> [Supplied data]:
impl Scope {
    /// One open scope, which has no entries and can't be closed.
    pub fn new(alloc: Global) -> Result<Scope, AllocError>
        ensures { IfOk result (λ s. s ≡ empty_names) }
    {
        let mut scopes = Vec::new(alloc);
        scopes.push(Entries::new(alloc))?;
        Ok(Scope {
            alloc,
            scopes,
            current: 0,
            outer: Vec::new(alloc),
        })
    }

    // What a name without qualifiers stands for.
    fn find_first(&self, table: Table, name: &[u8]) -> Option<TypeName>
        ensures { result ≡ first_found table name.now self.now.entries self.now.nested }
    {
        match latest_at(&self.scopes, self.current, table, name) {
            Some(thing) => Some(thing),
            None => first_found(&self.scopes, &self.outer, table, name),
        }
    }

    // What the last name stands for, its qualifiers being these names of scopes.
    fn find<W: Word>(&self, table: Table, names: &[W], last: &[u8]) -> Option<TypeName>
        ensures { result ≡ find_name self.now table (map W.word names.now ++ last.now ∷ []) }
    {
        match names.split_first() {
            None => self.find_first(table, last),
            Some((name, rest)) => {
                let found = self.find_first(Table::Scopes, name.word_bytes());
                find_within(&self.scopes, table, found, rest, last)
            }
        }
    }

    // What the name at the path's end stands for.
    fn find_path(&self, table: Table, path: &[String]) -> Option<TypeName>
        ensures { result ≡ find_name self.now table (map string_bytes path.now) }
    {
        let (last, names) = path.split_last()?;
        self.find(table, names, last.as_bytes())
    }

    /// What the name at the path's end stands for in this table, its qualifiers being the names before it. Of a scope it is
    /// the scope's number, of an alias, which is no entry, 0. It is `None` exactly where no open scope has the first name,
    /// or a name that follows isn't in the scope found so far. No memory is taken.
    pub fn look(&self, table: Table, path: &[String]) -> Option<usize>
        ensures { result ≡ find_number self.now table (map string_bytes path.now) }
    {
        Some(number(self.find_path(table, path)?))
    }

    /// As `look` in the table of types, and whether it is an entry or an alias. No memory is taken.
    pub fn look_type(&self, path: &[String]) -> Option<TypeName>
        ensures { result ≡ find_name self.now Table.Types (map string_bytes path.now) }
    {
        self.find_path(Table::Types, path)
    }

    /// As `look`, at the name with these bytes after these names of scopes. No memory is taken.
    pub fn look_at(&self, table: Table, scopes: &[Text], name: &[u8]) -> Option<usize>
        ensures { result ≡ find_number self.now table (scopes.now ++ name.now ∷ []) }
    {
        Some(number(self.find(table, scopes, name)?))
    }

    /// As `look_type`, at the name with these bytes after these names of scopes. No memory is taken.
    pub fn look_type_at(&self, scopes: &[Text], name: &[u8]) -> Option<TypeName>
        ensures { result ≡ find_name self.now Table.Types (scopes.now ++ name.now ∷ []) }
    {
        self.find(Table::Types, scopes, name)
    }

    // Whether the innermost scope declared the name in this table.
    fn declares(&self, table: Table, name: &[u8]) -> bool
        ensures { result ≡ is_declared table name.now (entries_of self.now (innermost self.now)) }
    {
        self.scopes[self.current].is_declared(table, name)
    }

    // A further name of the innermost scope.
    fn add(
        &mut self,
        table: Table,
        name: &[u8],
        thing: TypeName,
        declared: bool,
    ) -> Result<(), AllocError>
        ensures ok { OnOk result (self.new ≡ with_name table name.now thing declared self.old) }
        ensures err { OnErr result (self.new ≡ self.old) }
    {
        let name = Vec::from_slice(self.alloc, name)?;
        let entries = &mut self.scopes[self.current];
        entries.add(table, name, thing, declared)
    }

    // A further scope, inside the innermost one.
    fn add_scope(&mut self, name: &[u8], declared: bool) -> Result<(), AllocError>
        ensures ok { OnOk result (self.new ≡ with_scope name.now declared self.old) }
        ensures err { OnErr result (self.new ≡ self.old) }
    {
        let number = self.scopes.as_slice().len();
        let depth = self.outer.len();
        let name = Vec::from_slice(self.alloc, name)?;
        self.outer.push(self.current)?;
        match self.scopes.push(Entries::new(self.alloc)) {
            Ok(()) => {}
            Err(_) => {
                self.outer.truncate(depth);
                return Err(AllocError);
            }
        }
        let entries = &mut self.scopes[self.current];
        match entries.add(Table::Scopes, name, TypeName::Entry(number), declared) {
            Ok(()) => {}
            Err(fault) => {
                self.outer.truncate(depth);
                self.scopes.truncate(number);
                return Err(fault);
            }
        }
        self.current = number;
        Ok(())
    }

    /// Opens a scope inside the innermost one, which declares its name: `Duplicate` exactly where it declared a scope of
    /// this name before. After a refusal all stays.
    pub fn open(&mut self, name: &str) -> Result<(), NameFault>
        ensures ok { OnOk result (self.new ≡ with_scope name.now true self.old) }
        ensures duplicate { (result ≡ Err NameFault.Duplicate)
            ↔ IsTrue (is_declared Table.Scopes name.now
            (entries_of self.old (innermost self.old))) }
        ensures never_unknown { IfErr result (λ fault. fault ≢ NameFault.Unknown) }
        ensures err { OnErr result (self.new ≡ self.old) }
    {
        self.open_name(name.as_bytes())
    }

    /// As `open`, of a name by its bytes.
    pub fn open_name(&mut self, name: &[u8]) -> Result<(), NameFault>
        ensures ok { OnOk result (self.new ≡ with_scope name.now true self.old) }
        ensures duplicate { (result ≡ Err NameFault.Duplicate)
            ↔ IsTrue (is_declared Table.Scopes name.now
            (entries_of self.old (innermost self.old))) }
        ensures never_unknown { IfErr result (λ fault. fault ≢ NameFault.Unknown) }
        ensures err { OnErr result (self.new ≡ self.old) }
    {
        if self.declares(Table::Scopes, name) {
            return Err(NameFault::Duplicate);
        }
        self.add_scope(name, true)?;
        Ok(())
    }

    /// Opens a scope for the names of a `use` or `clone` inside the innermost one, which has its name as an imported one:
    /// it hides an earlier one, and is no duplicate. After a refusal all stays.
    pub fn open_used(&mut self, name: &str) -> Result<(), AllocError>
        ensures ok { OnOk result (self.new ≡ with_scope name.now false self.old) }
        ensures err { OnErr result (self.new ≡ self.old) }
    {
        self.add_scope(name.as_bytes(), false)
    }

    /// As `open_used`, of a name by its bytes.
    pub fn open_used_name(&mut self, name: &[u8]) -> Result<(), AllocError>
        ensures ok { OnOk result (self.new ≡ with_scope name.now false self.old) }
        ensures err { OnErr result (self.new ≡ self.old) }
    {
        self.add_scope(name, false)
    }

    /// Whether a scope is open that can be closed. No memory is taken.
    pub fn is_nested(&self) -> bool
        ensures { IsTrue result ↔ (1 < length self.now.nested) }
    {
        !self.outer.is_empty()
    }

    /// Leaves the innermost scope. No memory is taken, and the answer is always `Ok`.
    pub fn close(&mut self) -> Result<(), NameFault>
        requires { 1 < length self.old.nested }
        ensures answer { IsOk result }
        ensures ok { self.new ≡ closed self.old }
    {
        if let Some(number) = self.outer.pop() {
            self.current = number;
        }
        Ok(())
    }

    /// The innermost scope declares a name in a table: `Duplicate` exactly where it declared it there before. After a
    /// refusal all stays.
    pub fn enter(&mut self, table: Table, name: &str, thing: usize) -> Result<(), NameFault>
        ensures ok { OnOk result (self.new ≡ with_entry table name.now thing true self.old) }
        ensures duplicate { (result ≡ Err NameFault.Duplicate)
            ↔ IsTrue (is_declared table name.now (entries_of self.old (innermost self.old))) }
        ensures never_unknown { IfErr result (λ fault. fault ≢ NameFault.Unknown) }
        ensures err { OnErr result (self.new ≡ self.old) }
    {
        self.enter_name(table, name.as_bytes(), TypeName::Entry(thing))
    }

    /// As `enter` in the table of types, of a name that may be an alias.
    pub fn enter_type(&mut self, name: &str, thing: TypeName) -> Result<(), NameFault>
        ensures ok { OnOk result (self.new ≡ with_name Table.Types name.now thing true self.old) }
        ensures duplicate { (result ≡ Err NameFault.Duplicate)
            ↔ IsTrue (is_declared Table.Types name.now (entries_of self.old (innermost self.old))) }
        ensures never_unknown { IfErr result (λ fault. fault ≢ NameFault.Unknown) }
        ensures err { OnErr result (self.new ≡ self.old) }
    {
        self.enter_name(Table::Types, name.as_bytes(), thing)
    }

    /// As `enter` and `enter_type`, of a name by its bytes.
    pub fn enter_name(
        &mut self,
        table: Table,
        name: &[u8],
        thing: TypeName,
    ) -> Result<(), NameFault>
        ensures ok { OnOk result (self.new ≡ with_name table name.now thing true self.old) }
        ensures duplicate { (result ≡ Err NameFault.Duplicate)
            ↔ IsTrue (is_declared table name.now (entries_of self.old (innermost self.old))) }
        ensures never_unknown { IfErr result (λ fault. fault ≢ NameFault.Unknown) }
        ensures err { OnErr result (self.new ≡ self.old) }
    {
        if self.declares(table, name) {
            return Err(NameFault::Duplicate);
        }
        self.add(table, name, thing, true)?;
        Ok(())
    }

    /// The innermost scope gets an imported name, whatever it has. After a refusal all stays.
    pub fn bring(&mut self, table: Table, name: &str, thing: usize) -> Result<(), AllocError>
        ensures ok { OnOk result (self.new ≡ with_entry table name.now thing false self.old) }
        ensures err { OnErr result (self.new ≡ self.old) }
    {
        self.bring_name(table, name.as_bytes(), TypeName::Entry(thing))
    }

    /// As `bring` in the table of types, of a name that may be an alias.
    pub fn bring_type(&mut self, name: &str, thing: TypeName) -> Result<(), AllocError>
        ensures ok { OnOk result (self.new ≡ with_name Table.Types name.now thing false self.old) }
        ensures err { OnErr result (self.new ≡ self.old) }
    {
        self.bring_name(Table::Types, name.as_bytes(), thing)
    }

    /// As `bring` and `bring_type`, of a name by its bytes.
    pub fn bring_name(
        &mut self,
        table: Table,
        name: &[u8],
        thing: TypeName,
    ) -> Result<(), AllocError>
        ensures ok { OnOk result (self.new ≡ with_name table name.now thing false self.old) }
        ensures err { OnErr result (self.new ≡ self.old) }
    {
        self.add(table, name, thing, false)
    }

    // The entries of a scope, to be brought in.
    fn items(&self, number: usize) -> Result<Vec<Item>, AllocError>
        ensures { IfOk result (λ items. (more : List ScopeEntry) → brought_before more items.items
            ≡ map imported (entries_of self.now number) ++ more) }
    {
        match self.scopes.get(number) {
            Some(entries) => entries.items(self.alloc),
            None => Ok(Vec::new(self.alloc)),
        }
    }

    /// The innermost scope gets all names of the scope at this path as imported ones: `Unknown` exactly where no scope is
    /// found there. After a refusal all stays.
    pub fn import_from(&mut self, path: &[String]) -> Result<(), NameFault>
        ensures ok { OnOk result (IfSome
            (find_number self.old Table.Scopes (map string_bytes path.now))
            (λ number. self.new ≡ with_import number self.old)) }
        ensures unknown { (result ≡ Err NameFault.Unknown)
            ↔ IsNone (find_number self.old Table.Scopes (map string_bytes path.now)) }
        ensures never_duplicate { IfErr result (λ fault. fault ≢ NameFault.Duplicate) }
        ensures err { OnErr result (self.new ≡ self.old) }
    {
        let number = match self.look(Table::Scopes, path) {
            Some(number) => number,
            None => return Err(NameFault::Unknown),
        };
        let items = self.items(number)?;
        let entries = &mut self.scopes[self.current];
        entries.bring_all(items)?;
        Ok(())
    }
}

> [Instructions for the task]: The lines needed are those in the data above that hold the string "more"; copy each of them.

> [Solution below]:
        ensures { IfOk result (λ items. (more : List ScopeEntry) → brought_before more items.items
            ≡ map imported (entries_of self.now number) ++ more) }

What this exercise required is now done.